M. Elsbeth (Misty) McPhee, Brad Spanbauer, Stewart Cole, Lisa Mick, Anita Carpenter, and Linda Pereksta
Approximately one billion birds die annually in North America as a result of collisions with windows. This is a problem on the UW-Oshkosh campus, and we propose to systematically assess avian species diversity and abundances, record species that die from window strikes, analyze relationships between overall species abundances and proportions of window strike fatalities, and determine which windows on campus are most likely to be associated with bird deaths.

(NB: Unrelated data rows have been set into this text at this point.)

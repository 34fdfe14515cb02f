// Which transactions went through (document 02, A.8): of a list of ids, by one walk over the log from its first byte.
ghost use Rattle.std.specs.Prelude.{true, ◌≡◌, ◌≤◌, length};
ghost use Rattle.redolog.specs.Log.{read_log_with};
ghost use Rattle.inspect.specs.Outcomes.{rising, of_walked, outcomes_of};
ghost use Rattle.inspect.specs.Walk.{FoundAs, noted_in, group_at, passed_by, walked_over};

use layout::refusal::Refusal;
use layout::{DISK_LEN, LOG_LEN, LOG_START};
use redolog::TxId;
use redolog::group::{GroupEnd, read_next};
use redolog::stores::fill_zero;

// What an id's last group is. No group: 0. Numbers, since they are the bytes of a list that C lends.
pub const COMMITTED: u8 = 1;

pub const ABORTED: u8 = 2;

// Where the walk is in the log, the commit number expected there, and the groups walked so far.
#[derive(Clone, Copy)]
struct Walk {
    at: usize,
    next: u64,
    groups: usize,
}

// A group of the walk: its id, its outcome, and where the walk is behind it.
#[derive(Clone, Copy)]
struct Passed {
    id: TxId,
    outcome: u8,
    walk: Walk,
}

// How many pairs of neighbours are compared before the answer is looked at.
const PART: usize = 64;

// Without a branch for each id: LLVM compares several of them at a time.
fn part_rises(part: &[u16]) -> bool
    ensures { result ≡ rising part.now }
{
    let mut rises = true;
    for i in 1..part.len() {
        rises &= part[i - 1] < part[i];
    }
    rises
}

// By parts, each of which begins with the last id of the one before it. A list can have 65,535 ids.
fn is_rising(ids: &[u16]) -> bool
    ensures { result ≡ rising ids.now }
{
    let mut at: usize = 0;
    while at + PART < ids.len() {
        if !part_rises(&ids[at..at + PART + 1]) {
            return false;
        }
        at += PART;
    }
    ids[at..].is_sorted_by(|a, b| *a < *b)
}

// By halves: the list is rising. No `binary_search`: it goes on to the end, also where it has met the id on the way.
fn find(ids: &[u16], id: u16) -> Option<usize>
    requires { rising ids.now ≡ true }
    ensures { FoundAs ids.now id result }
{
    let mut low: usize = 0;
    let mut high = ids.len();
    while low < high {
        let middle = low + (high - low) / 2;
        let here = ids[middle];
        if here == id {
            return Some(middle);
        }
        if here < id {
            low = middle + 1;
        } else {
            high = middle;
        }
    }
    None
}

// A group of this id: its outcome takes the place of an earlier one.
fn note(ids: &[u16], out: &mut [u8], id: TxId, outcome: u8)
    requires { (rising ids.now ≡ true) × (length out.old ≡ length ids.now) }
    ensures { out.new ≡ noted_in ids.now id.0 outcome out.old }
{
    if let Some(i) = find(ids, id.0) {
        out[i] = outcome;
    }
}

// The group that stands where w is, if one does.
fn step(log: &[u8], w: Walk) -> Option<Passed>
    requires { (w.at ≤ length log.now) × (w.groups ≤ w.at) }
    ensures { result ≡ passed_by (group_at log.now w) w }
{
    let Ok(group) = read_next(&log[w.at..], w.next) else {
        return None;
    };
    let (id, outcome, end, next) = match group {
        GroupEnd::Aborted { id, end } => (id, ABORTED, end, w.next),
        GroupEnd::Committed { id, csn, end } => (id, COMMITTED, end, csn.0 as u64 + 1),
    };
    Some(Passed {
        id,
        outcome,
        walk: Walk {
            at: w.at + end,
            next,
            groups: w.groups + 1,
        },
    })
}

// The groups of the log, which is walked once. next is its first commit number.
fn walk_log(log: &[u8], next: u64, ids: &[u16], out: &mut [u8]) -> usize
    requires { (rising ids.now ≡ true) × (length out.old ≡ length ids.now) }
    ensures value { result ≡ length (read_log_with next log.now) }
    ensures out_after { out.new ≡ walked_over ids.now (read_log_with next log.now) out.old }
{
    let mut w = Walk {
        at: 0,
        next,
        groups: 0,
    };
    // A group has its own length, and no iterator steps by what it reads.
    while let Some(group) = step(log, w) {
        note(ids, out, group.id, group.outcome);
        w = group.walk;
    }
    w.groups
}

// Each outcome is that of the id in its place. Returns the groups walked.
pub fn outcomes(disk: &[u8], ids: &[u16], out: &mut [u8]) -> Result<usize, Refusal>
    ensures result_value { of_walked result ≡ (outcomes_of disk.now ids.now out.old).result }
    ensures out_after { out.new ≡ (outcomes_of disk.now ids.now out.old).outcomes }
{
    if disk.len() != DISK_LEN {
        return Err(Refusal::WrongLength);
    }
    if ids.len() != out.len() {
        return Err(Refusal::BadList);
    }
    if !is_rising(ids) {
        return Err(Refusal::BadList);
    }
    fill_zero(out);
    let groups = walk_log(&disk[LOG_START..LOG_START + LOG_LEN], 1, ids, out);
    Ok(groups)
}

The ultimate goal of this work is to propose potential solutions to the campus.
One year (Fall+Spring) of opportunistic bird-window collision data collection to identify problem areas on campus
One season (Spring) of systematic bird-window collision mortality data (carcass surveys)
One season (Spring) of systematic assessment of avian diversity and abundances on campus (point-count surveys)
Assessment of windows likely contributing to bird-window collision deaths; for example, we will determine which windows had the most deaths and whether or not there are some windows that are ‘less bad’ than others.
Statistical analysis of the relationship between local abundances and window-strike frequency; for example, we will ask whether or not certain species are more vulnerable to window strikes than others and whether or not that variability correlates to certain characteristics, e.g.., foraging behavior/habitat-type use or migratory/resident status.
Data on which to base future funding proposals to study different approaches designed to minimize bird strikes on campus.
Recommendations to the University for how to modify windows to reduce bird
Presentations at national behavior and conservation conferences, e.g., Animal Behavior Society, Society for Conservation Biology.
Manuscript for submission to a peer-reviewed journal in the environmental sciences.